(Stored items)
···

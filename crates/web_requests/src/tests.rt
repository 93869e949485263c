ghost use Rattle.std.specs.Prelude.{◌<◌, ◌≤◌, ◌^◌, length};

use super::*;
use std::alloc::Global;
use web_contents::WebFault;

/// How a request stands after its bytes.
#[derive(Clone, Copy, Debug, PartialEq, Eq)]
enum End {
    /// More has to come.
    More,
    /// It is whole: it goes to `/s/M`, with the message `28 01`.
    Whole,
    /// It is whole, and goes elsewhere or has another message.
    Other,
    Fault(WebFault),
}

/// Whether a whole request is the one of the tables.
fn whole(path: &str, message: &[u8]) -> End {
    if path == "/s/M" && message == b"\x28\x01".as_slice() {
        End::Whole
    } else {
        End::Other
    }
}

/// Reads bytes in pieces: `cut` bytes, and then `step` at a time.
fn read(alloc: Global, bytes: &[u8], cut: usize, step: usize) -> End
    requires cut { cut ≤ length bytes.now }
    requires step { 0 < step }
    requires small { length bytes.now < 2 ^ 62 }
{
    let mut reader = RequestReader::new(alloc);
    let mut start = 0usize;
    let mut end = cut;
    'pieces: loop {
        match reader.feed(&bytes[start..end]) {
            Ok(true) => return whole(reader.path(), reader.message()),
            Ok(false) => {}
            Err(fault) => return End::Fault(fault),
        }
        if end == bytes.len() {
            return End::More;
        }
        start = end;
        end = bytes.len().min(end.saturating_add(step));
    }
}

/// The bytes of connections, and how their requests stand after them.
static REQUESTS: [(&[u8], End); 4] = [
    (
        b"POST /s/M HTTP/1.1\r\ncontent-type: application/grpc-web\r\ntransfer-encoding: chunked\r\n\r\n3\r\n\0\0\0\r\n2\r\n\0\x02\r\n2\r\n(\x01\r\n0\r\n\r\n",
        End::Whole,
    ),
    (
        b"POST /s/M HTTP/1.1\r\ncontent-type: application/grpc-web\r\ncontent-length: 7\r\n\r\n\0\0\0\0\x02(",
        End::More,
    ),
    (
        b"POST / HTTP/1.1\r\nhost: a\r\n\r\n",
        End::Fault(WebFault::BadType),
    ),
    (
        b"POST /s/M HTTP/1.1\r\ncontent-type: application/grpc-web\r\ntransfer-encoding: chunked\r\n\r\n7\r\n\0\0\0\0\x02(\x010\r\n",
        End::Fault(WebFault::BadChunk { at: 96 }),
    ),
];

#[test]
fn requests_are_read_at_once_and_byte_by_byte(rt: HostRuntime) {
    for (bytes, end) in &REQUESTS {
        assert!(rt; bytes.len() < 1_000);
        assert_eq!(rt; read(rt.alloc(), bytes, 0, 1), *end, "{bytes:?}");
        assert_eq!(rt; read(rt.alloc(), bytes, 0, 1_000), *end, "{bytes:?}");
    }
}

/// What the end of the connection makes of a request.
fn cut_off(alloc: Global, bytes: &[u8]) -> Option<WebFault> {
    let mut reader = RequestReader::new(alloc);
    match reader.feed(bytes) {
        Ok(true) => None,
        Ok(false) => Some(reader.finish()),
        Err(_) => Some(reader.finish()),
    }
}

#[test]
fn the_end_of_the_connection_cuts_a_request_off(rt: HostRuntime) {
    let alloc = rt.alloc();
    assert_eq!(rt;
        cut_off(alloc, b"GET / HTTP/1.1\r\nhost: a\r\n\r"),
        Some(WebFault::Truncated)
    );
    assert_eq!(rt;
        cut_off(alloc, b"GET / HTTP/1.1\r\nhost: a\r\n\r\n"),
        Some(WebFault::BadMethod)
    );
}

···

*WHAT IS EXPECTED*: None of the records may be omitted or altered when they are given again.

*ANSWER*:
filename crates/web_requests/src/tests.rt
repository 93869e949485263c
ghost use Rattle.std.specs.Prelude.{◌<◌, ◌≤◌, ◌^◌, length};

use super::*;
use std::alloc::Global;
use web_contents::WebFault;

/// How a request stands after its bytes.
#[derive(Clone, Copy, Debug, PartialEq, Eq)]
enum End {
    /// More has to come.
    More,
    /// It is whole: it goes to `/s/M`, with the message `28 01`.
    Whole,
    /// It is whole, and goes elsewhere or has another message.
    Other,
    Fault(WebFault),
}

/// Whether a whole request is the one of the tables.
fn whole(path: &str, message: &[u8]) -> End {
    if path == "/s/M" && message == b"\x28\x01".as_slice() {
        End::Whole
    } else {
        End::Other
    }
}

/// Reads bytes in pieces: `cut` bytes, and then `step` at a time.
fn read(alloc: Global, bytes: &[u8], cut: usize, step: usize) -> End
    requires cut { cut ≤ length bytes.now }
    requires step { 0 < step }
    requires small { length bytes.now < 2 ^ 62 }
{
    let mut reader = RequestReader::new(alloc);
    let mut start = 0usize;
    let mut end = cut;
    'pieces: loop {
        match reader.feed(&bytes[start..end]) {
            Ok(true) => return whole(reader.path(), reader.message()),
            Ok(false) => {}
            Err(fault) => return End::Fault(fault),
        }
        if end == bytes.len() {
            return End::More;
        }
        start = end;
        end = bytes.len().min(end.saturating_add(step));
    }
}

/// The bytes of connections, and how their requests stand after them.
static REQUESTS: [(&[u8], End); 4] = [
    (
        b"POST /s/M HTTP/1.1\r\ncontent-type: application/grpc-web\r\ntransfer-encoding: chunked\r\n\r\n3\r\n\0\0\0\r\n2\r\n\0\x02\r\n2\r\n(\x01\r\n0\r\n\r\n",
        End::Whole,
    ),
    (
        b"POST /s/M HTTP/1.1\r\ncontent-type: application/grpc-web\r\ncontent-length: 7\r\n\r\n\0\0\0\0\x02(",
        End::More,
    ),
    (
        b"POST / HTTP/1.1\r\nhost: a\r\n\r\n",
        End::Fault(WebFault::BadType),
    ),
    (
        b"POST /s/M HTTP/1.1\r\ncontent-type: application/grpc-web\r\ntransfer-encoding: chunked\r\n\r\n7\r\n\0\0\0\0\x02(\x010\r\n",
        End::Fault(WebFault::BadChunk { at: 96 }),
    ),
];

#[test]
fn requests_are_read_at_once_and_byte_by_byte(rt: HostRuntime) {
    for (bytes, end) in &REQUESTS {
        assert!(rt; bytes.len() < 1_000);
        assert_eq!(rt; read(rt.alloc(), bytes, 0, 1), *end, "{bytes:?}");
        assert_eq!(rt; read(rt.alloc(), bytes, 0, 1_000), *end, "{bytes:?}");
    }
}

/// What the end of the connection makes of a request.
fn cut_off(alloc: Global, bytes: &[u8]) -> Option<WebFault> {
    let mut reader = RequestReader::new(alloc);
    match reader.feed(bytes) {
        Ok(true) => None,
        Ok(false) => Some(reader.finish()),
        Err(_) => Some(reader.finish()),
    }
}

#[test]
fn the_end_of_the_connection_cuts_a_request_off(rt: HostRuntime) {
    let alloc = rt.alloc();
    assert_eq!(rt;
        cut_off(alloc, b"GET / HTTP/1.1\r\nhost: a\r\n\r"),
        Some(WebFault::Truncated)
    );
    assert_eq!(rt;
        cut_off(alloc, b"GET / HTTP/1.1\r\nhost: a\r\n\r\n"),
        Some(WebFault::BadMethod)
    );
}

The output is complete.